Besides the possibility of reducing diagnostic and treatment costs, improved health and longevity yield other economic benefits, but the quantification of those benefits is always controversial. This difficulty is reflected in the limited number of cost-benefit analyses of TB control; among the few examples, one detailed study in India estimated the potential societal benefits of DOTS to be worth US$8.3 billion in 1993-94, or 4 percent of the gross domestic product (Dholakia 1996). Without attempting to extend such analyses here, we note that the preceding results also imply that large-scale treatment programs for TB are likely to give net returns on investment or at least to appear to be good value for money in ways that go beyond the arguments from cost-effectiveness (Jack 2001).

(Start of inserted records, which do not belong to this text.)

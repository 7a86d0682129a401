// The whole gossip state: 1 makes one of the words' settings, 2 one of the defaults, 3 counts a violation, 4 asks whether a peer is banned,
// 5 forgets expired bans; of outbound messages, 6 asks whether one may be sent, 7 how long one would wait, 8 forgets a peer, 9 charges one
// in any case, 10 gives one back, 11 asks whether one that is too large may be sent all the same, 12 whether one is too large; 13, 14, 15
// ask for the capacities of the delay queue, of all peers together and of one peer.
ghost use Rattle.std.specs.Prelude.{◌≡◌};
ghost use Rattle.c_bans.specs.Blame.{blame_of};
ghost use Rattle.c_gossip.specs.Gossip.{gossip_operation, capacity_reply, BlameDoes, GossipDoes, GossipExported};

use super::gossip_words;
use c_bans::blame;
use c_terms::reply;
use c_terms::reply::Reply;
use gossip_policy::state::GossipPolicyState;
use pubkey::Pubkey;
use refusal::Answered;

#[derive(Clone, Copy, Debug, PartialEq, Eq)]
pub enum GossipOperation {
    New,
    Default,
    RecordViolation,
    IsBanned,
    PruneBans,
    Allow,
    EstimateDelay,
    RemovePeer,
    Reserve,
    Refund,
    ShouldBypass,
    Exceeds,
    QueueCapacity,
    GlobalCapacity,
    PeerCapacity,
    Unknown,
}

impl From<u32> for GossipOperation {
    ghost from_gives = { λ n o. o ≡ gossip_operation n };

    fn from(n: u32) -> GossipOperation {
        match n {
            1 => GossipOperation::New,
            2 => GossipOperation::Default,
            3 => GossipOperation::RecordViolation,
            4 => GossipOperation::IsBanned,
            5 => GossipOperation::PruneBans,
            6 => GossipOperation::Allow,
            7 => GossipOperation::EstimateDelay,
            8 => GossipOperation::RemovePeer,
            9 => GossipOperation::Reserve,
            10 => GossipOperation::Refund,
            11 => GossipOperation::ShouldBypass,
            12 => GossipOperation::Exceeds,
            13 => GossipOperation::QueueCapacity,
            14 => GossipOperation::GlobalCapacity,
            15 => GossipOperation::PeerCapacity,
            _ => GossipOperation::Unknown,
        }
    }
}

// The state after a call, and what the call said.
pub type GossipDone = Answered<GossipPolicyState, Reply>;

fn capacity(a: Option<u64>) -> Reply
    ensures { result ≡ capacity_reply a }
{
    match a {
        None => Reply::plain(reply::NO),
        Some(n) => Reply::value(n),
    }
}

fn blamed(
    s: GossipPolicyState,
    ban_table: &mut [u8],
    peer: Pubkey,
    violation: u32,
    now_ms: u64,
) -> GossipDone
    ensures { BlameDoes (blame_of violation) s ban_table.old peer now_ms result ban_table.new }
{
    match blame::blame_of(violation) {
        Some(v) => reply::replied(s.record_violation(ban_table, peer, v, now_ms)),
        None => Answered {
            state: s,
            answer: Reply::plain(reply::UNKNOWN),
        },
    }
}

fn done(
    operation: GossipOperation,
    s: GossipPolicyState,
    ban_table: &mut [u8],
    outbound_table: &mut [u8],
    peer: Pubkey,
    violation: u32,
    bytes: u64,
    now_ms: u64,
) -> GossipDone
    ensures { GossipDoes operation s ban_table.old outbound_table.old peer violation bytes now_ms result ban_table.new outbound_table.new }
{
    match operation {
        GossipOperation::New => {
            let config = gossip_words::config_of(s);
            reply::replied(GossipPolicyState::new(config, ban_table, outbound_table))
        }
        GossipOperation::Default => reply::replied(GossipPolicyState::default(
            ban_table,
            outbound_table,
        )),
        GossipOperation::RecordViolation => blamed(s, ban_table, peer, violation, now_ms),
        GossipOperation::IsBanned => reply::replied(s.is_banned(ban_table, peer, now_ms)),
        GossipOperation::PruneBans => reply::replied(s.prune_bans(ban_table, now_ms)),
        GossipOperation::Allow => {
            reply::replied(s.allow_outbound_message(outbound_table, peer, bytes, now_ms))
        }
        GossipOperation::EstimateDelay => Answered {
            state: s,
            answer: s
                .estimate_outbound_message_delay(outbound_table, peer, bytes, now_ms)
                .into(),
        },
        GossipOperation::RemovePeer => reply::replied(s.remove_outbound_peer(outbound_table, peer)),
        GossipOperation::Reserve => {
            reply::replied(s.reserve_outbound_message(outbound_table, peer, bytes, now_ms))
        }
        GossipOperation::Refund => {
            reply::replied(s.refund_outbound_message(outbound_table, peer, bytes, now_ms))
        }
        GossipOperation::ShouldBypass => Answered {
            state: s,
            answer: s
                .should_bypass_oversized_outbound_message(outbound_table, peer, bytes, now_ms)
                .into(),
        },
        GossipOperation::Exceeds => Answered {
            state: s,
            answer: s
                .outbound_message_exceeds_single_message_capacity(bytes)
                .into(),
        },
        GossipOperation::QueueCapacity => Answered {
            state: s,
            answer: Reply::value(s.outbound_delay_queue_capacity()),
        },
        GossipOperation::GlobalCapacity => Answered {
            state: s,
            answer: capacity(s.outbound_global_delayed_byte_capacity()),
        },
        GossipOperation::PeerCapacity => Answered {
            state: s,
            answer: capacity(s.outbound_peer_delayed_byte_capacity()),
        },
        GossipOperation::Unknown => Answered {
            state: s,
            answer: Reply::plain(reply::UNKNOWN),
        },
    }
}

#[unsafe(no_mangle)]
pub extern "C" fn uglezmir_gossip(
    operation: u32,
    longs: &mut [u64; 10],
    shorts: &mut [u32; 6],
    ban_table: &mut [u8],
    outbound_table: &mut [u8],
    peer: &[u8; 33],
    violation: u32,
    bytes: u64,
    now_ms: u64,
    value: &mut [u64; 1],
) -> u32
    ensures { GossipExported operation longs.old shorts.old ban_table.old outbound_table.old peer.now violation bytes now_ms value.old result longs.new shorts.new ban_table.new outbound_table.new value.new }
{
    let s = gossip_words::state_of(longs, shorts);
    let key = Pubkey { bytes: *peer };
    let d = done(
        operation.into(),
        s,
        ban_table,
        outbound_table,
        key,
        violation,
        bytes,
        now_ms,
    );
    reply::leave(
        d.answer,
        gossip_words::longs_of(d.state),
        gossip_words::shorts_of(d.state),
        longs,
        shorts,
        value,
    )
}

The analysis earlier in this chapter showed that SCC typically costs up to US$30 per DALY gained for the treatment of infectious TB and up to US$200 per DALY gained for the treatment of noninfectious TB (excluding Europe and Central Asia). These figures can be compared with a recent estimate of US$1.5 billion as the annual global cost of treating 70 percent of cases with 85 percent cure (WHO 2004c). Reaching these targets would prevent approximately 2.1 million of all the TB deaths expected if no treatment were available in 2003, including 391,000 deaths prevented by DOTS (figure 16.3). Because each TB death prevented gains approximately 20 DALYs (WHO 2002b), the total cost per DALY gained would be about US$36. This rough calculation excludes any benefits in reduced transmission but includes the costs of treating smear-negative and extrapulmonary TB and is of the same order of magnitude as the results from CEA.

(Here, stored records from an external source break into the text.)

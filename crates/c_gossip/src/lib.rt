// The gossip state behind a C function, for a program in another language to link; its first argument is the operation's number.
//
// What crosses is words in which nothing can be out of range: longs duration, max_entries, ban rows, global rate, global burst, global
// last refill, peer rate, peer burst, outbound rows, queue capacity; shorts threshold, then the global bucket's amount: a sign (0 is plus,
// anything else minus), four limbs, the least first. A violation is 0, 1 or 2 in the order of `GossipViolation`.
// A table is a pointer, then its length; a key is a pointer to its bytes. The caller answers for what types would rule out there: no
// null, every length true, and no two of them over the same memory. The answer is a number: below 256 a refusal, on which nothing
// changes (0 where there is no such operation or violation), or 259 for no, 260 for yes, 261 for what is left in the words and in `value`.
#![tactic(auto)]

pub mod gossip;
mod gossip_words;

However the calculation is done, the cost of gaining a year of healthy life under DOTS is substantially less than the annual average productivity per capita in the low-income (gross national income [GNI] less than or equal to US$735) or least developed (GNI average US$290, http://www.worldbank.org) countries, and it is probably less than the marginal productivity of labor in the poorest communities. It is also less than twice the average annual income per capita, which has also been proposed as a benchmark for assessing whether an intervention is cost-effective (Garber and Phelps 1997). Moreover, it is less than the World Bank's definition of absolute poverty (living on US$1 per day or less, close to average GNI per capita for the least developed countries) and is certainly less than the monetary values that are typically placed on the value of a human life year (for example, a life was valued at US$100,000 by the 2004 Copenhagen Consensus panel, http://www.copenhagenconsensus.com). All these comparisons suggest not only that the basic DOTS strategy, and perhaps even an enhanced DOTS strategy, are cost-effective but that they also have very favorable cost-benefit ratios.